Between National Security and Public Order, We Malaysians Get Trampled


I know, I know, I sound like a cross between a  “tree-hugging hippie crap” my friend IZ used to describe, and an American ACLU-type.

But that’s the nice thing about free flow of information. You get to read what other people think. The Industrial Revolution about 200 years ago resulted in so much exchange of ideas that it had a profound effect on society as a whole.

Why? Because knowledge was suddenly available to many, and inventors were followed up by innovators, improvement upon improvement took place and the modern age was ushered in with modern conveniences and in many ways, modern thought.

Modern norms brought out women to work and today, women are an integral part of any nation’s economy. Even in the societies largely “protective” of its womenfolk.

Civilisation is a dynamic thing. It has to go on. Hey, it is part of mankind’s evolution as a race. For civilisation to move forward, it has to have ideas. Ideas have to be communicated. Communication has to be free if an idea is to bloom all the way to fruition.

Discourse has to be free. Just think…if Isaac Newton was strung up the nearest apple tree for heresy when he propounded his theory about universal gravitation…where would we be today?

The point of my meandering writing so far is, when you curb free speech, society as a whole will suffer. We Malaysians would do well to remember that.

In the wake of 9-11, many countries fearful of the Twin Towers’ scale of horrifying terror acts, have instituted tough preventive laws and measures to ensure this senseless carnage doesn’t happen again.

This has led to many instances of injustice as we all have seen, from the shameful Guantanamo Bay chronicles to the enaction of tough laws like POTA in India, Prevention of Terrorism Act in Britain among others.

To be fair, India has been a target of terror attacks too long for its government to just sit back and watch, while Britain had its own terror bombings and attacks thanks to the friendly folks from IRA.

Malaysia and Singapore however, have been content to rely on the colonial relics that are the Internal Security Act and Seditions Act to take care of these fears. In Malaysia’s case it has been used more to curb any deviation from government-instituted normal behaviour than to incarcerate actual terrorist types.

Which is why over the years we Malaysians have seen such a motley crew of characters as guests in that government-run retreat that is Kamunting, under ISA, which allows for detention without trial.

 For instance we had Hilmy Mohd Noor who was ISA-ed because he wanted to renounce Islam. We had the current Penang Chief Minister Lim Guan Eng as imprisoned under Sedition Act for not knowing the difference between “imprisoned” and “detained”.

There were the Jemaah Islamiah member, Kumpulan Militan Malaysia (now who calls their own group “militant”, this name is a no-brainer lemme tell you).

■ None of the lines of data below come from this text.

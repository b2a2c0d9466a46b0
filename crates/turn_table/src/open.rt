// A table as it begins, with its desks and hands.
ghost use Rattle.std.specs.Prelude.{◌≡◌, ℕ, ◌+◌, ◌<◌, ◌≤◌, true, [], ◌∷◌, List, Option, None, Some, IfOk, IfErr, length, vec_len, vec_capacity, slice_index_or};
ghost use Rattle.atomic_table.specs.Seated.{TableId};
ghost use Rattle.turn_table.specs.declared.view.View.{View};
ghost use Rattle.turn_table.specs.Openings.{AreDealt, AreOutBelow, deals_from, new_desk, first_hand};

use crate::object::Object;
use crate::rule::{DealDesk, DealHand, Key};
use crate::table::TurnTable;
use crate::view::{Desk, HandSeat, View};
use atomic_table::{Refused, Seat, Table};
use points::MAX_HANDS;
use std::alloc::Global;
use std::snapshot::Snapshot;

/// The most desks that a table may have.
pub const MAX_DESKS: u32 = 64;

/// A table with its desks and hands, in the order of their numbers.
#[derive(Drop)]
pub struct Tokens<O: Object> {
    pub table: TurnTable<O>,
    pub desks: Vec<Desk<O::Told, O::State>>,
    pub hands: Vec<HandSeat<O::Told, O::State>>,
}

// What was to lie under the lock, from a row of one slot.
fn taken_back<O>(slots: Vec<Option<O>>) -> O
    requires { (o : O) × (slots.items ≡ Some o ∷ []) }
    ensures { slots.items ≡ Some result ∷ [] }
{
    let mut slots = slots;
    let slot = slots.pop().unwrap();
    slots.destroy_empty();
    slot.unwrap()
}

impl<O: Object> TurnTable<O> {
    // Gives out the desks, in the order of their numbers.
    #[tactic(auto, using(crate::proofs::OpenLemmas::none_dealt, crate::proofs::OpenLemmas::one_dealt))]
    fn deal_desks(
        &self,
        seat: &mut Seat<Option<O>, View<O::Told, O::State>>,
        desks: &mut Vec<Desk<O::Told, O::State>>,
        count: u32,
        hands: u32,
    )
        requires table { seat.old.table_id ≡ self.now.table.shared.table_id }
        requires room { (desks.old.items ≡ []) × (count ≤ vec_capacity desks.old) }
        requires count { count ≡ self.now.table.shared.key.desks }
        requires view { seat.old.me ≡ (deals_from 0 count 0 hands, []) }
        ensures id { (seat.new.table_id ≡ seat.old.table_id) × (seat.new.me ≡ (deals_from count count 0 hands, [])) }
        ensures dealt { AreDealt self.now.table.shared.table_id new_desk count desks.new.items }
    {
        for _ in 0..count {
            let desk = self.table.shared.split_seat::<DealDesk>(seat).into_badge();
            desks.push_reserved(desk);
        }
    }

    // Gives out the hands, in the order of their numbers.
    #[tactic(auto, using(crate::proofs::OpenLemmas::none_dealt, crate::proofs::OpenLemmas::one_dealt))]
    fn deal_hands(
        &self,
        seat: &mut Seat<Option<O>, View<O::Told, O::State>>,
        hands: &mut Vec<HandSeat<O::Told, O::State>>,
        desks: u32,
        count: u32,
    )
        requires table { seat.old.table_id ≡ self.now.table.shared.table_id }
        requires room { (hands.old.items ≡ []) × (count ≤ vec_capacity hands.old) }
        requires view { seat.old.me ≡ (deals_from desks desks 0 count, []) }
        ensures dealt { AreDealt self.now.table.shared.table_id first_hand count hands.new.items }
    {
        for _ in 0..count {
            let hand = self.table.shared.split_seat::<DealHand>(seat).into_badge();
            hands.push_reserved(hand);
        }
    }
}

impl<O: Object> TurnTable<O> {
    // The table round an object, and its first seat.
    fn found(
        alloc: Global,
        object: O,
        desks: u32,
        hands: u32,
    ) -> Result<(TurnTable<O>, Seat<Option<O>, View<O::Told, O::State>>), O>
        requires out { AreOutBelow O.meaning hands (O.state object) }
        ensures ok { IfOk result (λ t. (t.0.table.shared.key.object.value ≡ object) × (t.0.table.shared.key.desks ≡ desks) × (t.1.table_id ≡ t.0.table.shared.table_id) × (t.1.me ≡ (deals_from 0 desks 0 hands, []))) }
        ensures err { IfErr result (λ o. o ≡ object) }
    {
        let Ok(mut slots) = Vec::with_capacity(alloc, 1) else {
            return Err(object);
        };
        let key = Key {
            object: Snapshot::of(&object),
            desks,
            hands,
        };
        slots.push_reserved(Some(object));
        match Table::new(alloc, &[0, 0], slots, &key) {
            Ok((table, seat)) => Ok((TurnTable { table }, seat)),
            Err(Refused { slots }) => Err(taken_back(slots)),
        }
    }

    /// A table round an object, with desks numbered from 0 to `desks` - 1 and hands from 0 to `hands` - 1. An `Err` is
    /// want of memory, and hands the object back.
    pub fn new(alloc: Global, object: O, desks: u32, hands: u32) -> Result<Tokens<O>, O>
        requires desks { (1 ≤ desks) × (desks ≤ MAX_DESKS) }
        requires hands { hands ≤ MAX_HANDS }
        requires out { AreOutBelow O.meaning hands (O.state object) }
        ensures key { IfOk result (λ t. (t.table.table.shared.key.object.value ≡ object) × (t.table.table.shared.key.desks ≡ desks)) }
        ensures desks { IfOk result (λ t. AreDealt t.table.table.shared.table_id new_desk desks t.desks.items) }
        ensures hands { IfOk result (λ t. AreDealt t.table.table.shared.table_id first_hand hands t.hands.items) }
        ensures err { IfErr result (λ o. o ≡ object) }
    {
        let Ok(mut desk_seats) = Vec::with_capacity(alloc, desks as usize) else {
            return Err(object);
        };
        let Ok(mut hand_seats) = Vec::with_capacity(alloc, hands as usize) else {
            return Err(object);
        };
        let (table, mut seat) = TurnTable::found(alloc, object, desks, hands)?;
        table.deal_desks(&mut seat, &mut desk_seats, desks, hands);
        table.deal_hands(&mut seat, &mut hand_seats, desks, hands);
        Ok(Tokens {
            table,
            desks: desk_seats,
            hands: hand_seats,
        })
    }
}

There is alleged Al-Qaeda middleman BSA Tahir, apparently still inside. Not to mention the Hindraf Five, the current posterboys of government persecution. For a more comprehensive list, go here.

You see, I’m sure there are existing laws to charge people who have flouted our laws in court and punish them with sentences if found guilty.

But both the Mahathir and Abdullah administrations have found it more expedient to incarcerate people without the benefit of a trial.

Abdullah could have set so many things right when he had his overwhelming mandate in the 2004 elections. But he did little things of significance. His omissions more than actions have led to the rising disenchantment among the electorate.

This weak leader might as well be the catalyst of destruction for UMNO and indeed the so-called multiracial coalition that is Barisan Nasional.

Which may be good news for Malaysians and indeed Bumiputeras, who hope for a better tomorrow. However, it is imperative that we, the rakyat,  keep a sharp lookout. Let us not forget that some of the election pledges of Pakatan Rakyat coalition looks like a drunkard’s promise. Let’s keep them on a tighter leash.

Otherwise, three years down the line you will think of this line…

Meet the New Boss, Same as the Old Boss.